NBC and Comcast have remained silent following MSNBC’s Lawrence O'Donnell making an unverified claim about President Donald Trump that he admitted a day later he shouldn’t have run.
O‘Donnell made an explosive claim about the Republican commander-in-chief’s loan documents as millions of viewers watched on “The Rachel Maddow Show” on Tuesday, Aug. 27. He said he’d only spoken to one source and that the information was not verified. He said “if true” multiple times.
The next morning, an MSNBC producer revealed the source hadn’t even seen the documents.
NBC Universal, which operates MSNBC and NBC News, has not issued a statement about the situation, nor has its parent company Comcast.

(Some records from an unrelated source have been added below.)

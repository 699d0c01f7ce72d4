//! Coefficients out of values.

ghost use Rattle.std.specs.Prelude.{◌≡◌, ℤ, pos, ◌≤ℤ◌, ◌≤◌, ◌<◌, All, slice_index_or};
ghost use Rattle.sal_macroblock.specs.Sizes.{Within};
ghost use Rattle.sal_transform.specs.Forward.{size_in, quantised_value, quantised};

use sal_macroblock::Block;

// How many factors a size and a third of a factor hold.
fn size_in(factor: u32, size: u32) -> u32
    requires factor { 1 ≤ factor }
    requires size { size ≤ 1048576 }
    ensures value { result ≡ size_in factor size }
    ensures small { result ≤ 2047 }
{
    ((size + factor / 3) / factor).min(2047)
}

// A value's coefficient.
#[tactic(auto, unfolding(crate::specs::Forward::quantised_value))]
fn quantise(value: i32, factor: i32) -> i32
    requires value { Within 1048576 value }
    requires factor { pos 1 ≤ℤ factor }
    ensures value { result ≡ quantised_value factor value }
    ensures small { Within 2047 result }
{
    let size = size_in(factor as u32, value.unsigned_abs()) as i32;
    if value < 0 { -size } else { size }
}

// The coefficient of the value at a place.
fn coefficient_at(values: &[i32; 16], place: usize, factor: i32) -> i32
    requires values { All (Within 1048576) values.now }
    requires place { place < 16 }
    requires factor { pos 1 ≤ℤ factor }
    ensures value { result ≡ quantised_value factor (slice_index_or values.now place (pos 0)) }
    ensures small { Within 2047 result }
{
    quantise(values[place], factor)
}

/// Values in raster order to coefficients in zigzag order: each is divided by its factor, `dc` for the first and `ac` for the others,
/// two thirds of a factor and more counting as a whole one, and is at most 2,047 in size.
pub fn quant(values: &[i32; 16], dc: i32, ac: i32) -> Block
    requires values { All (Within 1048576) values.now }
    requires dc { pos 1 ≤ℤ dc }
    requires ac { pos 1 ≤ℤ ac }
    ensures value { result.0 ≡ quantised values.now dc ac }
    ensures small { All (Within 2047) result.0 }
{
    Block([
        coefficient_at(values, 0, dc),
        coefficient_at(values, 1, ac),
        coefficient_at(values, 4, ac),
        coefficient_at(values, 8, ac),
        coefficient_at(values, 5, ac),
        coefficient_at(values, 2, ac),
        coefficient_at(values, 3, ac),
        coefficient_at(values, 6, ac),
        coefficient_at(values, 9, ac),
        coefficient_at(values, 12, ac),
        coefficient_at(values, 13, ac),
        coefficient_at(values, 10, ac),
        coefficient_at(values, 7, ac),
        coefficient_at(values, 11, ac),
        coefficient_at(values, 14, ac),
        coefficient_at(values, 15, ac),
    ])
}
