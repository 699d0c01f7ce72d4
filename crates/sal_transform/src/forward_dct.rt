//! The forward transform of a block, rows first.

ghost use Rattle.std.specs.Prelude.{◌≡◌, ℕ, ℤ, pos, ◌+ℤ◌, ◌-ℤ◌, ◌*ℤ◌, ◌≤ℤ◌, ◌*◌, ◌+◌, ◌<◌, All, slice_index_or};
ghost use Rattle.sal_macroblock.specs.Sizes.{Within};
ghost use Rattle.sal_transform.specs.Forward.{part_4, part_12, part_16, turned, turned_back, row_0, row_1, row_2, row_3, column_0, column_1, column_2, column_3, across, forward_of};

#[tactic(auto, unfolding(crate::specs::Forward::part_4))]
fn part_4(x: i32) -> i32
    requires { Within 1073741824 x }
    ensures value { result ≡ part_4 x }
    ensures small { (n : ℕ) → Within (16 * n) x → Within n result }
{
    (x + 8) >> 4
}

#[tactic(auto, unfolding(crate::specs::Forward::part_12))]
fn part_12(x: i32) -> i32
    requires { Within 1073741824 x }
    ensures value { result ≡ part_12 x }
    ensures small { (n : ℕ) → Within (4096 * n) x → Within n result }
{
    (x + 2048) >> 12
}

#[tactic(auto, unfolding(crate::specs::Forward::part_16))]
fn part_16(x: i32) -> i32
    requires { Within 1073741824 x }
    ensures value { result ≡ part_16 x }
    ensures small { (n : ℕ) → Within (65536 * n) x → Within n result }
{
    (x + 32768) >> 16
}

// The inner differences c and the outer ones d, turned.
fn turned(c: i32, d: i32) -> i32
    requires c { Within 130560 c }
    requires d { Within 130560 d }
    ensures value { result ≡ turned c d }
    ensures small { Within 988208640 result }
    ensures smaller { Within 32640 c → Within 32640 d → Within 247052160 result }
{
    2217 * c + 5352 * d
}

fn turned_back(c: i32, d: i32) -> i32
    requires c { Within 130560 c }
    requires d { Within 130560 d }
    ensures value { result ≡ turned_back c d }
    ensures small { Within 988208640 result }
    ensures smaller { Within 32640 c → Within 32640 d → Within 247052160 result }
{
    2217 * d - 5352 * c
}

fn eightfold(x: i32) -> i32
    requires { Within 4080 x }
    ensures value { result ≡ pos 8 *ℤ x }
    ensures small { Within 32640 result }
{
    8 * x
}

// One row.
fn row_pass(x0: i32, x1: i32, x2: i32, x3: i32) -> (i32, i32, i32, i32)
    requires x0 { Within 2040 x0 }
    requires x1 { Within 2040 x1 }
    requires x2 { Within 2040 x2 }
    requires x3 { Within 2040 x3 }
    ensures y0 { (result.0 ≡ row_0 x0 x1 x2 x3) × Within 65280 result.0 }
    ensures y1 { (result.1 ≡ row_1 x0 x1 x2 x3) × Within 65280 result.1 }
    ensures y2 { (result.2 ≡ row_2 x0 x1 x2 x3) × Within 65280 result.2 }
    ensures y3 { (result.3 ≡ row_3 x0 x1 x2 x3) × Within 65280 result.3 }
    ensures first { Within 255 x0 → Within 255 x1 → Within 255 x2 → Within 255 x3 → Within 8160 result.0 }
{
    let a = eightfold(x0 + x3);
    let b = eightfold(x1 + x2);
    let c = eightfold(x1 - x2);
    let d = eightfold(x0 - x3);
    (
        a + b,
        part_12(turned(c, d)),
        a - b,
        part_12(turned_back(c, d)),
    )
}

// One column.
fn column_pass(x0: i32, x1: i32, x2: i32, x3: i32) -> (i32, i32, i32, i32)
    requires x0 { Within 65280 x0 }
    requires x1 { Within 65280 x1 }
    requires x2 { Within 65280 x2 }
    requires x3 { Within 65280 x3 }
    ensures y0 { (result.0 ≡ column_0 x0 x1 x2 x3) × Within 16320 result.0 }
    ensures y1 { (result.1 ≡ column_1 x0 x1 x2 x3) × Within 16320 result.1 }
    ensures y2 { (result.2 ≡ column_2 x0 x1 x2 x3) × Within 16320 result.2 }
    ensures y3 { (result.3 ≡ column_3 x0 x1 x2 x3) × Within 16320 result.3 }
    ensures first { Within 8160 x0 → Within 8160 x1 → Within 8160 x2 → Within 8160 x3 → Within 2040 result.0 }
{
    let a = x0 + x3;
    let b = x1 + x2;
    let c = x1 - x2;
    let d = x0 - x3;
    (
        part_4(a + b),
        part_16(turned(c, d)),
        part_4(a - b),
        part_16(turned_back(c, d)),
    )
}

// Row r of the first pass.
fn row(block: &[i32; 16], r: usize) -> (i32, i32, i32, i32)
    requires small { All (Within 2040) block.now }
    requires row { r < 4 }
    ensures y0 { (result.0 ≡ across row_0 block.now r) × Within 65280 result.0 }
    ensures y1 { (result.1 ≡ across row_1 block.now r) × Within 65280 result.1 }
    ensures y2 { (result.2 ≡ across row_2 block.now r) × Within 65280 result.2 }
    ensures y3 { (result.3 ≡ across row_3 block.now r) × Within 65280 result.3 }
    ensures first { All (Within 255) block.now → Within 8160 result.0 }
{
    let at = 4 * r;
    row_pass(block[at], block[at + 1], block[at + 2], block[at + 3])
}

/// The forward transform of a block in raster order: rows, then columns. The first value of a block of differences of samples is small
/// enough for `forward_y2`.
pub fn forward(block: &[i32; 16]) -> [i32; 16]
    requires { All (Within 2040) block.now }
    ensures value { result ≡ forward_of block.now }
    ensures small { All (Within 16320) result }
    ensures first { All (Within 255) block.now → Within 2040 (slice_index_or result 0 (pos 0)) }
{
    let (a0, a1, a2, a3) = row(block, 0);
    let (b0, b1, b2, b3) = row(block, 1);
    let (c0, c1, c2, c3) = row(block, 2);
    let (d0, d1, d2, d3) = row(block, 3);
    let (p0, p1, p2, p3) = column_pass(a0, b0, c0, d0);
    let (q0, q1, q2, q3) = column_pass(a1, b1, c1, d1);
    let (r0, r1, r2, r3) = column_pass(a2, b2, c2, d2);
    let (s0, s1, s2, s3) = column_pass(a3, b3, c3, d3);
    [
        p0, q0, r0, s0, p1, q1, r1, s1, p2, q2, r2, s2, p3, q3, r3, s3,
    ]
}
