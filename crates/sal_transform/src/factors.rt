//! Dequantisation factors (RFC 6386, sections 9.6 and 14.1).

ghost use Rattle.std.specs.Prelude.{◌≡◌, ◌<◌, ◌≤◌};
ghost use Rattle.sal_macroblock.specs.Sizes.{Within};
ghost use Rattle.sal_transform.specs.Factors.{index_of, dc_factor, ac_factor, factors_of};

use sal_tables::{ac_steps, dc_steps};
use std::marker::Model;

/// What coefficients are multiplied by: for luma, Y2 and chroma the factor of a block's first coefficient and that of the others. Each is
/// from 1 to 440.
#[derive(Debug, Drop)]
pub struct Factors {
    /// For the first coefficient of a luma block without Y2.
    pub y_dc: u16,
    /// For the other coefficients of a luma block.
    pub y_ac: u16,
    /// For the first coefficient of a Y2 block.
    pub y2_dc: u16,
    /// For the other coefficients of a Y2 block.
    pub y2_ac: u16,
    /// For the first coefficient of a chroma block.
    pub uv_dc: u16,
    /// For the other coefficients of a chroma block.
    pub uv_ac: u16,
}

impl Model for Factors {
    ghost use Rattle.sal_transform.specs.Factors.{Factors as SixFactors};
    ghost use Rattle.sal_transform.specs.Small.{AreFactors};

    ghost Value = { SixFactors };

    ghost view = { λ s. record { y_dc = s.y_dc; y_ac = s.y_ac; y2_dc = s.y2_dc; y2_ac = s.y2_ac; uv_dc = s.uv_dc; uv_ac = s.uv_ac } };

    ghost invariant = { λ s. AreFactors (record { y_dc = s.y_dc; y_ac = s.y_ac; y2_dc = s.y2_dc; y2_ac = s.y2_ac; uv_dc = s.uv_dc; uv_ac = s.uv_ac }) };
}

/// A quantiser's index, cut off at 0 and at 127.
pub fn cut_off(index: i32) -> u8
    requires { Within 1000 index }
    ensures value { result ≡ index_of index }
    ensures small { result ≤ 127 }
{
    index.clamp(0, 127) as u8
}

fn dc_factor(index: u8, delta: i8) -> u16
    ensures value { result ≡ dc_factor index delta }
    ensures some { 1 ≤ result }
    ensures small { result ≤ 157 }
{
    dc_steps()[cut_off(index as i32 + delta as i32) as usize]
}

fn ac_factor(index: u8, delta: i8) -> u16
    ensures value { result ≡ ac_factor index delta }
    ensures some { 1 ≤ result }
    ensures small { result ≤ 284 }
{
    ac_steps()[cut_off(index as i32 + delta as i32) as usize]
}

impl Factors {
    /// The factors of a quantiser's index and its five deltas.
    #[tactic(auto, unfolding(crate::specs::Factors::factors_of))]
    pub fn new(index: u8, y_dc: i8, y2_dc: i8, y2_ac: i8, uv_dc: i8, uv_ac: i8) -> Factors
        ensures { result ≡ factors_of index y_dc y2_dc y2_ac uv_dc uv_ac }
    {
        Factors {
            y_dc: dc_factor(index, y_dc),
            y_ac: ac_factor(index, 0),
            y2_dc: 2 * dc_factor(index, y2_dc),
            y2_ac: (ac_factor(index, y2_ac) as u32 * 155 / 100).max(8) as u16,
            uv_dc: dc_factor(index, uv_dc).min(132),
            uv_ac: ac_factor(index, uv_ac),
        }
    }
}
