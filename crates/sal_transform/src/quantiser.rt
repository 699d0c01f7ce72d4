//! Values out of coefficients (RFC 6386, section 14.1).

ghost use Rattle.std.specs.Prelude.{◌≡◌, ℤ, pos, ◌*ℤ◌, ◌≤ℤ◌, ◌<◌, All, slice_index_or};
ghost use Rattle.sal_macroblock.specs.Sizes.{Within};
ghost use Rattle.sal_transform.specs.Factors.{dequantised};

use sal_macroblock::Block;

/// A coefficient times its factor.
pub fn dequantise(coefficient: i32, factor: i32) -> i32
    requires coefficient { Within 2114 coefficient }
    requires factor { Within 440 factor }
    ensures value { result ≡ coefficient *ℤ factor }
    ensures small { Within 1048576 result }
{
    coefficient * factor
}

// The coefficient at a position, times a factor.
fn value_at(block: &Block, position: usize, factor: i32) -> i32
    requires coefficients { All (Within 2114) block.now.0 }
    requires place { position < 16 }
    requires factor { Within 440 factor }
    ensures value { result ≡ slice_index_or block.now.0 position (pos 0) *ℤ factor }
    ensures small { Within 1048576 result }
{
    dequantise(block.0[position], factor)
}

/// Coefficients in zigzag order to values in raster order: each is multiplied by its factor, `dc` for the first and `ac` for the
/// others.
pub fn dequant(block: &Block, dc: i32, ac: i32) -> [i32; 16]
    requires coefficients { All (Within 2114) block.now.0 }
    requires dc { Within 440 dc }
    requires ac { Within 440 ac }
    ensures value { result ≡ dequantised block.now.0 dc ac }
    ensures small { All (Within 1048576) result }
{
    [
        value_at(block, 0, dc),
        value_at(block, 1, ac),
        value_at(block, 5, ac),
        value_at(block, 6, ac),
        value_at(block, 2, ac),
        value_at(block, 4, ac),
        value_at(block, 7, ac),
        value_at(block, 12, ac),
        value_at(block, 3, ac),
        value_at(block, 8, ac),
        value_at(block, 11, ac),
        value_at(block, 13, ac),
        value_at(block, 9, ac),
        value_at(block, 10, ac),
        value_at(block, 14, ac),
        value_at(block, 15, ac),
    ]
}
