//! The inverse transform of a block (RFC 6386, section 14.3).

ghost use Rattle.std.specs.Prelude.{◌≡◌, ℤ, pos, negsuc, ◌+ℤ◌, ◌-ℤ◌, ◌*ℤ◌, ◌≤ℤ◌, ◌*◌, ◌<◌, All};
ghost use Rattle.sal_macroblock.specs.Sizes.{Within};
ghost use Rattle.sal_transform.specs.Inverse.{scaled, c_of, d_of, out_0, out_1, out_2, out_3, down, rounded, inverse_of};

#[tactic(auto, unfolding(crate::specs::Inverse::scaled))]
fn by_35468(x: i32) -> i32
    requires { Within 16777216 x }
    ensures value { result ≡ scaled 35468 x }
    ensures small { Within 16777216 result }
    ensures smaller { Within 2097152 x → Within 2097152 result }
{
    ((x as i64 * 35468) >> 16) as i32
}

#[tactic(auto, unfolding(crate::specs::Inverse::scaled))]
fn by_20091(x: i32) -> i32
    requires { Within 16777216 x }
    ensures value { result ≡ scaled 20091 x }
    ensures small { Within 16777216 result }
    ensures smaller { Within 2097152 x → Within 2097152 result }
{
    ((x as i64 * 20091) >> 16) as i32
}

fn c(x1: i32, x3: i32) -> i32
    requires x1 { Within 16777216 x1 }
    requires x3 { Within 16777216 x3 }
    ensures value { result ≡ c_of x1 x3 }
    ensures small { Within (3 * 16777216) result }
    ensures smaller { Within 2097152 x1 → Within 2097152 x3 → Within (3 * 2097152) result }
{
    by_35468(x1) - x3 - by_20091(x3)
}

fn d(x1: i32, x3: i32) -> i32
    requires x1 { Within 16777216 x1 }
    requires x3 { Within 16777216 x3 }
    ensures value { result ≡ d_of x1 x3 }
    ensures small { Within (3 * 16777216) result }
    ensures smaller { Within 2097152 x1 → Within 2097152 x3 → Within (3 * 2097152) result }
{
    x1 + by_20091(x1) + by_35468(x3)
}

// One column.
fn first_pass(x0: i32, x1: i32, x2: i32, x3: i32) -> (i32, i32, i32, i32)
    requires x0 { Within 2097152 x0 }
    requires x1 { Within 2097152 x1 }
    requires x2 { Within 2097152 x2 }
    requires x3 { Within 2097152 x3 }
    ensures y0 { (result.0 ≡ out_0 x0 x1 x2 x3) × Within 16777216 result.0 }
    ensures y1 { (result.1 ≡ out_1 x0 x1 x2 x3) × Within 16777216 result.1 }
    ensures y2 { (result.2 ≡ out_2 x0 x1 x2 x3) × Within 16777216 result.2 }
    ensures y3 { (result.3 ≡ out_3 x0 x1 x2 x3) × Within 16777216 result.3 }
{
    let a = x0 + x2;
    let b = x0 - x2;
    let c = c(x1, x3);
    let d = d(x1, x3);
    (a + d, b + c, b - c, a - d)
}

#[tactic(auto, unfolding(crate::specs::Inverse::rounded))]
fn round3(x: i32) -> i32
    requires { Within 134217728 x }
    ensures value { result ≡ rounded x }
    ensures small { Within 134217728 result }
{
    (x + 4) >> 3
}

// One row, rounded.
fn second_pass(x0: i32, x1: i32, x2: i32, x3: i32) -> (i32, i32, i32, i32)
    requires x0 { Within 16777216 x0 }
    requires x1 { Within 16777216 x1 }
    requires x2 { Within 16777216 x2 }
    requires x3 { Within 16777216 x3 }
    ensures y0 { (result.0 ≡ rounded (out_0 x0 x1 x2 x3)) × Within 134217728 result.0 }
    ensures y1 { (result.1 ≡ rounded (out_1 x0 x1 x2 x3)) × Within 134217728 result.1 }
    ensures y2 { (result.2 ≡ rounded (out_2 x0 x1 x2 x3)) × Within 134217728 result.2 }
    ensures y3 { (result.3 ≡ rounded (out_3 x0 x1 x2 x3)) × Within 134217728 result.3 }
{
    let a = x0 + x2;
    let b = x0 - x2;
    let c = c(x1, x3);
    let d = d(x1, x3);
    (round3(a + d), round3(b + c), round3(b - c), round3(a - d))
}

// Column c of the first pass.
fn column(block: &[i32; 16], c: usize) -> (i32, i32, i32, i32)
    requires small { All (Within 2097152) block.now }
    requires column { c < 4 }
    ensures y0 { (result.0 ≡ down out_0 block.now c) × Within 16777216 result.0 }
    ensures y1 { (result.1 ≡ down out_1 block.now c) × Within 16777216 result.1 }
    ensures y2 { (result.2 ≡ down out_2 block.now c) × Within 16777216 result.2 }
    ensures y3 { (result.3 ≡ down out_3 block.now c) × Within 16777216 result.3 }
{
    first_pass(block[c], block[c + 4], block[c + 8], block[c + 12])
}

/// The inverse transform of a block in raster order: columns, then rows, each result an eighth, rounded (RFC 6386, section
/// 14.3).
pub fn inverse(block: &[i32; 16]) -> [i32; 16]
    requires { All (Within 2097152) block.now }
    ensures { result ≡ inverse_of block.now }
{
    let (a0, a1, a2, a3) = column(block, 0);
    let (b0, b1, b2, b3) = column(block, 1);
    let (c0, c1, c2, c3) = column(block, 2);
    let (d0, d1, d2, d3) = column(block, 3);
    let (p0, p1, p2, p3) = second_pass(a0, b0, c0, d0);
    let (q0, q1, q2, q3) = second_pass(a1, b1, c1, d1);
    let (r0, r1, r2, r3) = second_pass(a2, b2, c2, d2);
    let (s0, s1, s2, s3) = second_pass(a3, b3, c3, d3);
    [
        p0, p1, p2, p3, q0, q1, q2, q3, r0, r1, r2, r3, s0, s1, s2, s3,
    ]
}
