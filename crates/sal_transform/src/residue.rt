//! The residues of a macroblock: its coefficients times their factors, transformed back (RFC 6386, section 14).

ghost use Rattle.std.specs.Prelude.{◌≡◌, ◌≤◌, ◌+◌, pos, All, IsTrue, replicate, slice_index_or, []};
ghost use Rattle.sal_macroblock.specs.Sizes.{Within};
ghost use Rattle.sal_transform.specs.Inverse.{rounded};
ghost use Rattle.sal_transform.specs.Residue.{residue_of, firsts_of, residue_after};
ghost use Rattle.sal_transform.specs.Residues.{firsts, luma_residues_of, chroma_residues_of};
ghost use Rattle.sal_base.specs.Samples.{listed};
ghost use Rattle.sal_transform.specs.Small.{HasOneCoefficient};

use crate::dct::inverse;
use crate::factors::Factors;
use crate::quantiser::{dequant, dequantise};
use crate::wht::inverse_y2;
use sal_macroblock::{Block, Coefficients};

// Whether all coefficients but the first are 0.
fn has_one_coefficient(block: &Block) -> bool
    ensures { IsTrue result → HasOneCoefficient block.now.0 }
{
    for k in 1..16usize {
        if block.0[k] != 0 {
            return false;
        }
    }
    true
}

// The residues of a block of which only the first value isn't 0.
#[tactic(auto, unfolding(crate::specs::Inverse::rounded))]
fn flat(value: i32) -> [i32; 16]
    requires { Within 2097152 value }
    ensures { result ≡ replicate 16 (rounded value) }
{
    [(value + 4) >> 3; 16]
}

/// The residues of a block whose first coefficient is its own, in raster order.
pub fn block_residue(block: &Block, dc: u16, ac: u16) -> [i32; 16]
    requires coefficients { All (Within 2114) block.now.0 }
    requires dc { dc ≤ 440 }
    requires ac { ac ≤ 440 }
    ensures { result ≡ residue_of block.now.0 (pos dc) (pos ac) }
{
    if has_one_coefficient(block) {
        return flat(dequantise(block.0[0], dc as i32));
    }
    inverse(&dequant(block, dc as i32, ac as i32))
}

// The residues of a luma block whose first value comes from Y2.
fn residue_after(first: i32, block: &Block, ac: u16) -> [i32; 16]
    requires first { Within 2097152 first }
    requires coefficients { All (Within 2114) block.now.0 }
    requires ac { ac ≤ 440 }
    ensures { result ≡ residue_after first block.now.0 (pos ac) }
{
    if has_one_coefficient(block) {
        return flat(first);
    }
    let mut values = dequant(block, 0, ac as i32);
    values[0] = first;
    inverse(&values)
}

// The first values of the luma blocks, out of Y2.
fn firsts(coefficients: &Coefficients, dc: u16, ac: u16) -> [i32; 16]
    requires dc { dc ≤ 440 }
    requires ac { ac ≤ 440 }
    ensures value { result ≡ firsts_of (slice_index_or coefficients.now 24 []) (pos dc) (pos ac) }
    ensures small { All (Within 2097152) result }
{
    inverse_y2(&dequant(coefficients.block(24), dc as i32, ac as i32))
}

// The luma blocks with their own first coefficients.
fn luma_alone(coefficients: &Coefficients, dc: u16, ac: u16) -> [[i32; 16]; 16]
    requires dc { dc ≤ 440 }
    requires ac { ac ≤ 440 }
    ensures { result ≡ listed 16 (λ k. residue_of (slice_index_or coefficients.now k []) (pos dc) (pos ac)) }
{
    let mut residues = [[0; 16]; 16];
    for k in 0..16usize {
        residues[k] = block_residue(coefficients.block(k), dc, ac);
    }
    residues
}

// The luma blocks with first values out of Y2.
fn luma_after(coefficients: &Coefficients, firsts: &[i32; 16], ac: u16) -> [[i32; 16]; 16]
    requires firsts { All (Within 2097152) firsts.now }
    requires ac { ac ≤ 440 }
    ensures { result ≡ listed 16 (λ k. residue_after (slice_index_or firsts.now k (pos 0)) (slice_index_or coefficients.now k []) (pos ac)) }
{
    let mut residues = [[0; 16]; 16];
    for k in 0..16usize {
        residues[k] = residue_after(firsts[k], coefficients.block(k), ac);
    }
    residues
}

/// The sixteen luma blocks of a macroblock in raster order, each with its residues in raster order.
pub fn luma_residues(
    has_y2: bool,
    coefficients: &Coefficients,
    factors: &Factors,
) -> [[i32; 16]; 16]
    ensures { result ≡ luma_residues_of factors.now has_y2 coefficients.now }
{
    if has_y2 {
        let firsts = firsts(coefficients, factors.y2_dc, factors.y2_ac);
        luma_after(coefficients, &firsts, factors.y_ac)
    } else {
        luma_alone(coefficients, factors.y_dc, factors.y_ac)
    }
}

/// The four blocks of a macroblock in a chroma plane, of U from block 16 on, of V from block 20 on.
pub fn chroma_residues(
    coefficients: &Coefficients,
    first: usize,
    factors: &Factors,
) -> [[i32; 16]; 4]
    requires { first ≤ 20 }
    ensures { result ≡ chroma_residues_of factors.now coefficients.now first }
{
    let dc = factors.uv_dc;
    let ac = factors.uv_ac;
    let mut residues = [[0; 16]; 4];
    for k in 0..4usize {
        residues[k] = block_residue(coefficients.block(first + k), dc, ac);
    }
    residues
}
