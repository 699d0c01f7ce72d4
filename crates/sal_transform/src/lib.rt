//! Residues out of coefficients: dequantisation and the two inverse transforms (RFC 6386, section 14); and, for the encoder, coefficients
//! out of residues: the two forward transforms and the quantiser. None takes memory.
#![tactic(auto)]

mod dct;
mod factors;
mod forward_dct;
mod forward_wht;
mod quantise;
mod quantiser;
mod residue;
mod wht;

pub use dct::inverse;
pub use factors::{Factors, cut_off};
pub use forward_dct::forward;
pub use forward_wht::forward_y2;
pub use quantise::quant;
pub use quantiser::{dequant, dequantise};
pub use residue::{block_residue, chroma_residues, luma_residues};
pub use wht::inverse_y2;

#[cfg(test)]
mod tests;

Multiple phone calls and emails from The Epoch Times went unanswered and representatives from the companies have not responded to requests from other media outlets either. MSNBC also did not respond to a request for comment.
Trump ripped into O'Donnell, 67, a former Democratic aide, on Thursday morning, calling him “crazy” and noting he had to apologize in 2015 for making allegations about the payment Trump received for “The Apprentice.”
He said the situation illustrated the depth his opponents will go to attempt to smear him.
“The totally inaccurate reporting by Lawrence O’Donnell, for which he has been forced by NBC to apologize, is NO DIFFERENT than the horrible, corrupt and fraudulent Fake News that I (and many millions of GREAT supporters) have had to put up with for years. So bad for the USA!” he wrote on Twitter.
Reporters and media personalities expressed dismay about O'Donnell’s choice to run the information and tried to distance themselves from the MSNBC host.
“This is why @Lawrence’s irresponsible actions are so damaging. Obviously there’s a big difference between O’Donnell and the rest of press. But that’s not how Trump will frame it. And many will walk away with the impression that a news anchor (not opinion host) slandered POTUS,” wrote Oliver Darcy of CNN on Twitter in reference to Trump’s criticism of O'Donnell.
Reporters often try to portray cable news hosts and shows as separate from journalistic endeavors but the networks promote the shows and hosts as providing news and the video about O‘Donnell’s apology says, “O’Donnell retracts his reporting about Trump loans.”
The website for O'Donnell’s “The Last Word” is replete with news that casts Trump in a negative light. None of the videos on the landing page are positive or neutral regarding Trump.
An MSNBC source told Darcy that executives didn’t know about O'Donnell’s unverified information before he decided to talk about it on air.
If they had known, the reporting “would not have made it to broadcast,” the source said, something O'Donnell himself admitted on Wednesday as he retracted the report.
The Federalist editor and regular media critic Mollie Hemingway said that O'Donnell’s on-air apology was sad.
“They were frequently based on anonymous sources—very thin sourcing. The stories always fell apart under scrutiny. It was so sad to see it for years, this daily drumbeat before the Mueller report ended. To see that some people are still doing it months after is embarrassing and sad.”
She noted that surveys show Democratic voters often believe reporting about Trump even when it isn’t true.
“Polls have shown that a majority of Democrats believe false things about Russia’s involvement with the U.S. election,” she said. “These specific stories alleging treason on the part of the Trump administration or Donald Trump or people close to him—there is not evidence to support this and yet the stories have been happening, and it’s not just MSNBC.”